ghost use Rattle.std.specs.Prelude.{◌≡◌, ◌++◌, chars, string_bytes, IfOk, OnOk};
ghost use Rattle.std.specs.List.{flat_map};
ghost use Rattle.fault_texts.specs.Characters.{is_control, shown, told_of, quoted};

use std::alloc::{AllocError, Global};

/// The most characters that are told of a text.
const LONG: usize = 40;

// Whether a character isn't shown.
#[tactic(auto, unfolding(crate::specs::Characters::is_control))]
fn is_control(character: char) -> bool
    ensures { result ≡ is_control character }
{
    let code = u32::from(character);
    code < 0x20 || (0x7F <= code && code <= 0x9F)
}

// Adds a character as it stands in quotes.
#[tactic(auto, unfolding(crate::specs::Characters::shown))]
fn add_character(text: &mut String, character: char) -> Result<(), AllocError>
    ensures { OnOk result (string_bytes text.new ≡ string_bytes text.old ++ shown character) }
{
    if character == '"' {
        text.push_str("\\\"")
    } else if character == '\\' {
        text.push_str("\\\\")
    } else if is_control(character) {
        let code = u32::from(character);
        write!(text, "\\x{code:02x}")
    } else {
        text.push(character)
    }
}

// Adds characters as they stand in quotes.
fn add_characters(text: &mut String, characters: &[char]) -> Result<(), AllocError>
    ensures { OnOk result (string_bytes text.new ≡ string_bytes text.old ++ flat_map shown characters.now) }
{
    for character in characters {
        add_character(text, *character)?;
    }
    Ok(())
}

// The characters of a text.
fn characters_of(alloc: Global, text: &str) -> Result<Vec<char>, AllocError>
    ensures { IfOk result (λ cs. cs.items ≡ chars text.now) }
{
    text.chars().collect(alloc)
}

// Adds characters in quotes, the first alone where they are more than 40.
#[tactic(auto, unfolding(crate::specs::Characters::told_of))]
fn add_told(text: &mut String, characters: &[char]) -> Result<(), AllocError>
    ensures { OnOk result (string_bytes text.new ≡ string_bytes text.old ++ told_of characters.now) }
{
    let first = characters.len().min(LONG);
    text.push_str("\"")?;
    add_characters(text, &characters[..first])?;
    text.push_str("\"")?;
    if characters.len() > LONG {
        text.push_str("..")
    } else {
        Ok(())
    }
}

/// Adds a text in quotes, with its first characters alone where they are more than 40.
#[tactic(auto, unfolding(crate::specs::Characters::quoted))]
pub fn add_quoted(alloc: Global, text: &mut String, told: &str) -> Result<(), AllocError>
    ensures { OnOk result (string_bytes text.new ≡ string_bytes text.old ++ quoted told.now) }
{
    let characters = characters_of(alloc, told)?;
    add_told(text, characters.as_slice())
}

/// A text in quotes, with its first characters alone where they are more than 40.
pub fn quoted(alloc: Global, text: &str) -> Result<String, AllocError>
    ensures { IfOk result (λ line. string_bytes line ≡ quoted text.now) }
{
    let mut line = String::new(alloc);
    add_quoted(alloc, &mut line, text)?;
    Ok(line)
}

/// A character of a text with its place, counted from 1: `a space at 3`, `"x" at 2`.
pub fn character(alloc: Global, character: char, place: usize) -> Result<String, AllocError> {
    if character == ' ' {
        return format!(in alloc; "a space at {place}");
    }
    let mut line = String::new(alloc);
    line.push_str("\"")?;
    add_character(&mut line, character)?;
    line.push_str("\"")?;
    write!(line, " at {place}")?;
    Ok(line)
}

==*==

_Your task_
Your answer should reproduce each line of the listing that holds the word "LONG".

_Answer for the task_
const LONG: usize = 40;
    let first = characters.len().min(LONG);
    if characters.len() > LONG {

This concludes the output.